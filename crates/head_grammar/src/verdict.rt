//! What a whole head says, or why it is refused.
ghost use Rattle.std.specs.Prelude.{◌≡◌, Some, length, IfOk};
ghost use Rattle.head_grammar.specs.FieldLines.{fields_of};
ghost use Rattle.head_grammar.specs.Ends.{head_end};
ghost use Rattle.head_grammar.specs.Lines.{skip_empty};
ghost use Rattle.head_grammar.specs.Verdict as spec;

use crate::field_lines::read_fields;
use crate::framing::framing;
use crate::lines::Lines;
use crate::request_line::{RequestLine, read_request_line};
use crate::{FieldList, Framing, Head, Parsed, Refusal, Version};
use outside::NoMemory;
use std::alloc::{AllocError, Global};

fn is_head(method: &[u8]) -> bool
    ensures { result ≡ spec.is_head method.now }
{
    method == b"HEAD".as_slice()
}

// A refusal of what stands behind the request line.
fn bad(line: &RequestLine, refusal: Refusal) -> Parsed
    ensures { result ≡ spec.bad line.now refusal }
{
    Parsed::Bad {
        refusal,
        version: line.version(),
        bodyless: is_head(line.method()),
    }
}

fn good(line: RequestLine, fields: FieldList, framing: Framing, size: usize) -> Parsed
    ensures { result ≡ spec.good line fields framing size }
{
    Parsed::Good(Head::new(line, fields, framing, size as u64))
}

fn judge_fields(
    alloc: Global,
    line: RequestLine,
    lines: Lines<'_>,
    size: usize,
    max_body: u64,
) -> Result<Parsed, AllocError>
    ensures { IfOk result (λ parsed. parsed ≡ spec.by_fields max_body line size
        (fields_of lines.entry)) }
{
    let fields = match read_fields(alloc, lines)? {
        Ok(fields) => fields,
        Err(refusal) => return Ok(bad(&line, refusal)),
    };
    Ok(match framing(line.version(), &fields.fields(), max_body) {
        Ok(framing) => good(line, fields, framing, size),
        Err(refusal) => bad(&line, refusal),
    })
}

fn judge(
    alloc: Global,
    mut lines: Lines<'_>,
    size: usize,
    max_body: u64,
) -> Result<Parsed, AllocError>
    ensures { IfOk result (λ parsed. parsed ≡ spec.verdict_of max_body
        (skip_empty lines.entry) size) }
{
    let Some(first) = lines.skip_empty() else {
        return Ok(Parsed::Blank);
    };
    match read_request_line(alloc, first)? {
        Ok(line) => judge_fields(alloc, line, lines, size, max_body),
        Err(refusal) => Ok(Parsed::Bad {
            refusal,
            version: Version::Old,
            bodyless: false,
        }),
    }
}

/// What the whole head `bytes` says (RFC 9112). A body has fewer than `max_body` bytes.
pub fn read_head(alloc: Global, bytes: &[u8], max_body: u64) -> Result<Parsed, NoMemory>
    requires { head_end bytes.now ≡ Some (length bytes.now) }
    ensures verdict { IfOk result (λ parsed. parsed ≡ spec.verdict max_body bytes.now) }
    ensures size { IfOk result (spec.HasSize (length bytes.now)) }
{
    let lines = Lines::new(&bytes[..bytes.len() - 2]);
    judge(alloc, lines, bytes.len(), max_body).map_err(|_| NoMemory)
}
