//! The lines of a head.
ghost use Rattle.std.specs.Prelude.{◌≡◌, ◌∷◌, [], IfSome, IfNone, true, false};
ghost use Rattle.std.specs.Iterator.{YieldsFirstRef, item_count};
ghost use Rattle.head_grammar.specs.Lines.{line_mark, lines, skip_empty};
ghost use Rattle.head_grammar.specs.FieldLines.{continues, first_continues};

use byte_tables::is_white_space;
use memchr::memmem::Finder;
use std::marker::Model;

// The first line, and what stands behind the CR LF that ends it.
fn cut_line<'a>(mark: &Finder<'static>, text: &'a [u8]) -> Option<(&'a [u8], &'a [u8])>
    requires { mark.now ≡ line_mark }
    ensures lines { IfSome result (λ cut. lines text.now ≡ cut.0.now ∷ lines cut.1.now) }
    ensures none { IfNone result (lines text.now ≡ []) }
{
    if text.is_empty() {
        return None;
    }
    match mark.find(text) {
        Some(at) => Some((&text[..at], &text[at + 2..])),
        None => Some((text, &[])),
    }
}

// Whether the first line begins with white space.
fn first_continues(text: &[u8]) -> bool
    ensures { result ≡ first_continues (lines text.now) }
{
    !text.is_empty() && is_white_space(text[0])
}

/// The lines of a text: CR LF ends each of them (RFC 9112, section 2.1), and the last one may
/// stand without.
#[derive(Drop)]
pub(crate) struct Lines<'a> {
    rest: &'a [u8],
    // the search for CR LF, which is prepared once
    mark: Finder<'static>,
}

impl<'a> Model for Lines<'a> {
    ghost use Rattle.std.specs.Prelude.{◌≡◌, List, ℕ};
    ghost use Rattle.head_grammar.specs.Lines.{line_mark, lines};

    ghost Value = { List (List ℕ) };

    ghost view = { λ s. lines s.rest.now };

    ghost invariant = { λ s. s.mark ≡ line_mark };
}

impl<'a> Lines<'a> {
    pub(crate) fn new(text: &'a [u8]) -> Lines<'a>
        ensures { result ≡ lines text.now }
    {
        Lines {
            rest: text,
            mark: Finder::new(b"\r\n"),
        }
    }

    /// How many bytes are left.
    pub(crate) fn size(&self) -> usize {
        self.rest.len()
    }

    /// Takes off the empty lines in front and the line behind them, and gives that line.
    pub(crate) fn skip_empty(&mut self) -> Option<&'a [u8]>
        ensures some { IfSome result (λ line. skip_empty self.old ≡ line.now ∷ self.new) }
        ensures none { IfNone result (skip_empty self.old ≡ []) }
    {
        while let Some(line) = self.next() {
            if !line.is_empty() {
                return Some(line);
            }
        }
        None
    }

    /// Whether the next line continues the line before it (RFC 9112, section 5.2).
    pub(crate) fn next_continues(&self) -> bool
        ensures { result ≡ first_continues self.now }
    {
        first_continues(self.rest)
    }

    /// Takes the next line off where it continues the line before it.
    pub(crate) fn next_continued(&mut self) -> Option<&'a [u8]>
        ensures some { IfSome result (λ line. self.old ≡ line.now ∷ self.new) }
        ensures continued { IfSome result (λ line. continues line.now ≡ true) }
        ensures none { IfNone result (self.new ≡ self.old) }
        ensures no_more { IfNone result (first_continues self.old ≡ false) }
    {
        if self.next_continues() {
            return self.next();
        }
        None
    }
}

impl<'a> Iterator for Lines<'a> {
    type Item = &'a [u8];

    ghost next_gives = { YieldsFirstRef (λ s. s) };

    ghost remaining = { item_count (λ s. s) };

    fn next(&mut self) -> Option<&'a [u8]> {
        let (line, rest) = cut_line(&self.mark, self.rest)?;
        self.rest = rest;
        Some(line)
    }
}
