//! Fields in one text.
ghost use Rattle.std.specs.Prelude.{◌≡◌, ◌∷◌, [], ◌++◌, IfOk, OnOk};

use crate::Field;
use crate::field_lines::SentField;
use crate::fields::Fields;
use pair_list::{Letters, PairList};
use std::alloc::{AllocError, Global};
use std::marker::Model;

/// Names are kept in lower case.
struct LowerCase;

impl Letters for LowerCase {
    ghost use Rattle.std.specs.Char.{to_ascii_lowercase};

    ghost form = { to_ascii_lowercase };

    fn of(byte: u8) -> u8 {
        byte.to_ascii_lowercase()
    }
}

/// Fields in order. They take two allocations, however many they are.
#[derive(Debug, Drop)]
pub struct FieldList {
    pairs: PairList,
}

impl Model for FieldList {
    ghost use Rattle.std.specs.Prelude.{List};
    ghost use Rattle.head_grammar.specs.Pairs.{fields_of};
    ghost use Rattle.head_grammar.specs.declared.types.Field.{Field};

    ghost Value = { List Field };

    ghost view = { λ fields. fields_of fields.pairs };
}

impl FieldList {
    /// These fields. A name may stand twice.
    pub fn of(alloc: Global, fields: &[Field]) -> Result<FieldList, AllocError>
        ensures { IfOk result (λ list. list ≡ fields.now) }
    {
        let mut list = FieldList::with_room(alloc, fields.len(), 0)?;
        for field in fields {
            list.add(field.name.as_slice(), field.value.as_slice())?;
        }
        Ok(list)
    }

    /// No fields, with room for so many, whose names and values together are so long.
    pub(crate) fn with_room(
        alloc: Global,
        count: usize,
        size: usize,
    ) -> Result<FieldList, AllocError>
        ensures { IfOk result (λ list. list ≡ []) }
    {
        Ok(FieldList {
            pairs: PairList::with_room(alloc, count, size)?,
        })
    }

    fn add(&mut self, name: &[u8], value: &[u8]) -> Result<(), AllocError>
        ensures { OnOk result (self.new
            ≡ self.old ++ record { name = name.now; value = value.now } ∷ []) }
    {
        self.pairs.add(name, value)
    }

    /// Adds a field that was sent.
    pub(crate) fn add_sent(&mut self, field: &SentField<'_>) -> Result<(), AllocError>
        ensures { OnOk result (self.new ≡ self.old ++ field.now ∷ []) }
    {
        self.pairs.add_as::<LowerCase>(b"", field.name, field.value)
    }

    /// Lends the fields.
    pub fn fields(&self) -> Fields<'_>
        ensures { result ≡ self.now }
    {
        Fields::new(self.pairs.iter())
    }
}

**Task description**
Copy every line that contains "FieldLines" from the listing above.

**Your response**
ghost use Rattle.head_grammar.specs.FieldLines.{fields_of};
ghost use Rattle.head_grammar.specs.FieldLines.{continues, first_continues};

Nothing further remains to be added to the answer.